Research data, whether in the form of scientific notes or measurement results, is a valuable raw material. And if it contains individuals’ personal data – when working in the social sciences, for example – then it is also subject to legal data protection requirements. Empirical data takes significant amounts of time and money to produce, so it also requires additional thoughtful measures to ensure data security and long-term retention. Such data sets are unique. If lost, they take truly extensive work to replace – and the new data will never be identical to the original.
There is a specific set of compliance rules for the fields of research and education which universities, institutions and funding bodies like the DFG (Deutsche Forschungsgemeinschaft) are increasingly emphasizing. But in any case, even aside from these rules, data volumes are rising – and so are the options for data analysis. Meanwhile, the requirements for long-term, reliable data protection and archiving are becoming stricter. A sophisticated, resilient plan for research data management should now be part of any new project. What role will long-term data archiving play in it? What are the implications of specific compliance requirements? And above all, how can we realize reliable data management in research and education, and how can even large volumes of research data be securely archived for the long term?

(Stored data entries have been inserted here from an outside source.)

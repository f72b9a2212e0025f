//! The lines that say what is wrong with an index.

ghost use Rattle.std.specs.Prelude.{◌≡◌, ◌≤◌, ◌++◌, length};
ghost use Rattle.std.specs.Fmt.{decimal};
ghost use Rattle.loc_spec_text.specs.Points.{ended};
ghost use Rattle.loc_maps.specs.LineTexts.{meeting_text};
ghost use Rattle.loc_course.specs.Lines.{line_text, part_text};
ghost use Rattle.loc_course.specs.Stops.{stopped};
ghost use Rattle.loc_indexed.specs.FlawTexts.{clash_text, flaw_stop};

use loc_course::{Line, Part, Stop};
use loc_geom::Meeting;
use loc_verify::VerifyFault;

// A number between words.
fn numbered_line(before: &[u8], number: u32, after: &[u8]) -> Line
    requires before { length before.now ≤ 24 }
    requires after { length after.now ≤ 24 }
    ensures { line_text result ≡ ended (before.now ++ decimal number ++ after.now) }
{
    Line {
        parts: [
            Part::of(before),
            Part::Number(number),
            Part::of(after),
            Part::None,
            Part::None,
            Part::None,
        ],
    }
}

// Two numbers, each behind words.
fn twice_numbered_line(before: &[u8], first: u32, between: &[u8], second: u32) -> Line
    requires before { length before.now ≤ 24 }
    requires between { length between.now ≤ 24 }
    ensures { line_text result ≡ ended (before.now ++ decimal first ++ between.now ++ decimal second) }
{
    Line {
        parts: [
            Part::of(before),
            Part::Number(first),
            Part::of(between),
            Part::Number(second),
            Part::None,
            Part::None,
        ],
    }
}

// How two edges conflict.
fn meeting_part(meeting: Meeting) -> Part
    ensures { part_text result ≡ meeting_text meeting }
{
    match meeting {
        Meeting::Apart => Part::of(b" apart"),
        Meeting::Touch => Part::of(b" touch"),
        Meeting::Cross => Part::of(b" cross"),
    }
}

// Two edges that conflict, and how.
fn clash_line(a: u32, b: u32, meeting: Meeting) -> Line
    ensures { line_text result ≡ ended (clash_text a b meeting) }
{
    Line {
        parts: [
            Part::of(b"verify: edges "),
            Part::Number(a),
            Part::of(b" and "),
            Part::Number(b),
            meeting_part(meeting),
            Part::None,
        ],
    }
}

/// Why a command stops where a judge found a fault.
pub(crate) fn flaw_stop_of(fault: VerifyFault) -> Stop
    ensures { stopped result ≡ flaw_stop fault }
{
    match fault {
        VerifyFault::Lone { corner } => {
            Stop::Refused(numbered_line(b"verify: corner ", corner, b" lone"))
        }
        VerifyFault::Bare { edge } => {
            Stop::Refused(numbered_line(b"verify: edge ", edge, b" bare"))
        }
        VerifyFault::Uneven { corner, feature } => Stop::Refused(twice_numbered_line(
            b"verify: feature ",
            feature,
            b" uneven at corner ",
            corner,
        )),
        VerifyFault::Conflict { a, b, meeting } => Stop::Refused(clash_line(a, b, meeting)),
        VerifyFault::WrongFloor { corner } => {
            Stop::Refused(numbered_line(b"verify: floor of corner ", corner, b""))
        }
        VerifyFault::WrongCover { edge } => {
            Stop::Refused(numbered_line(b"verify: cover of edge ", edge, b""))
        }
        VerifyFault::SpareCover { list } => {
            Stop::Refused(numbered_line(b"verify: list ", list, b" spare"))
        }
        VerifyFault::WrongSource { edge } => {
            Stop::Refused(numbered_line(b"verify: source of edge ", edge, b""))
        }
        VerifyFault::Deep { version } => {
            Stop::Refused(numbered_line(b"verify: version ", version, b" deep"))
        }
        VerifyFault::WrongList { version, position } => Stop::Refused(twice_numbered_line(
            b"verify: version ",
            version,
            b" wrong at ",
            position,
        )),
        VerifyFault::NoMemory => Stop::NoMemory,
    }
}
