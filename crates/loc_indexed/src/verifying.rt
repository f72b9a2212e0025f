//! An index file that is judged, from the bytes in to the bytes out.

ghost use Rattle.std.specs.Prelude.{◌≡◌, ◌++◌, IfOk, OnOk};
ghost use Rattle.std.specs.Fmt.{decimal};
ghost use Rattle.loc_spec_text.specs.Points.{ended};
ghost use Rattle.loc_spec_index.specs.TrueIndex.{IsTrueIndex};
ghost use Rattle.loc_laws_judge.specs.FirstFlaw.{first_flaw};
ghost use Rattle.loc_course.specs.Courses.{writes};
ghost use Rattle.loc_course.specs.Following.{Moment};
ghost use Rattle.loc_course.specs.Outcomes.{exactly};
ghost use Rattle.loc_course.specs.Runs.{RunsOnFilesAndOut, RunsOnOut};
ghost use Rattle.loc_course.specs.Sentences.{status_of};
ghost use Rattle.loc_course.specs.Stops.{GoesOn, end_of};
ghost use Rattle.loc_indexed.specs.FlawTexts.{index_text};
ghost use Rattle.loc_indexed.specs.Verifies.{Judged};
ghost use Rattle.loc_indexed.specs.Verifying.{judged_course, verify_course};

use crate::flaws::flaw_stop_of;
use crate::indexes::read_index_file;
use itoa::Buffer;
use loc_course::{Stop, write_out};
use loc_file::Held;
use loc_io::{Shelf, Sink};
use std::alloc::{AllocError, Global};

// Words and a number.
fn push_count(out: &mut Vec<u8>, words: &[u8], number: u32) -> Result<(), AllocError>
    ensures { OnOk result (out.new.items ≡ out.old.items ++ words.now ++ decimal number) }
{
    let mut buffer = Buffer::new();
    out.extend_from_slice(words)?;
    out.extend_from_slice(buffer.format(number).as_bytes())?;
    Ok(())
}

// The line of the counts of an index.
#[tactic(auto, unfolding(loc_spec_index::specs::Content::table_in))]
fn index_line(alloc: Global, held: &Held) -> Result<Vec<u8>, AllocError>
    ensures { IfOk result (λ line. line.items ≡ ended (index_text held.now.content)) }
{
    let mut line = Vec::new(alloc);
    push_count(&mut line, b"index of ", held.legend().features())?;
    push_count(&mut line, b" features, ", held.table().corner_count())?;
    push_count(&mut line, b" corners, ", held.table().edge_count())?;
    push_count(&mut line, b" edges, ", held.nodes())?;
    line.extend_from_slice(b" nodes\n")?;
    Ok(line)
}

// What was read is a true index, or it is refused by its first flaw.
fn judge_held(alloc: Global, held: &Held) -> Result<(), Stop>
    ensures goes_on { (m : Moment) → GoesOn (judged_course held.now.content (first_flaw held.now.content)) m
        (λ _. writes (exactly (ended (index_text held.now.content)))) m result }
    ensures is_true { OnOk result (IsTrueIndex held.now.content) }
{
    held.law();
    match loc_verify::verify(alloc, held) {
        Ok(()) => Ok(()),
        Err(fault) => Err(flaw_stop_of(fault)),
    }
}

// The counts of an index are written.
fn write_counts<O: Sink>(alloc: Global, held: &Held, out: &mut O) -> Result<(), Stop>
    ensures { RunsOnOut (writes (exactly (ended (index_text held.now.content)))) O.meaning out result }
{
    let line = index_line(alloc, held)?;
    write_out(out, &line)
}

// What was read is judged, and its counts are written where it is true.
fn tell<O: Sink>(alloc: Global, held: &Held, out: &mut O) -> Result<(), Stop>
    ensures follows { RunsOnOut (judged_course held.now.content (first_flaw held.now.content)) O.meaning out result }
    ensures is_true { OnOk result (IsTrueIndex held.now.content) }
{
    judge_held(alloc, held)?;
    write_counts(alloc, held, out)
}

/// Reads the index whole and judges it, and writes its counts where it is true. All memory is taken before the first byte on `out`.
pub fn verify<F: Shelf, O: Sink>(
    alloc: Global,
    index_name: &str,
    shelf: &mut F,
    out: &mut O,
) -> Result<(), Stop>
    ensures follows { RunsOnFilesAndOut (verify_course index_name.now) F.meaning shelf O.meaning out result }
    ensures judged { Judged ((F.meaning shelf.old).told index_name.now) (status_of (end_of result)) }
{
    let held = read_index_file(alloc, shelf, index_name)?;
    let outcome = tell(alloc, &held, out);
    drop(held);
    outcome
}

Compliance and long-term preservation
The term “compliance” describes the need to meet various rules and regulations, sometimes based on laws, but also on other sources like industry- or company-specific requirements. For researchers, this means adhering to legal requirements in areas like data protection and copyright law. When it comes to empirical research, ethical considerations may also play a role. Researchers are also bound to the rules of good scientific practice. Among many other aspects, these describe how to carefully archive research data and ensure its accessibility. This is designed to guarantee that the data can be reused in future.
For example, the DFG guidelines for working with research data specify that even the initial draft of a research project should include data security and archiving considerations. Researchers should ensure that research data arising from a project should also be available to other researchers for further use. The goal is to ensure the long-term security of the data, which can archived for up to 10 years.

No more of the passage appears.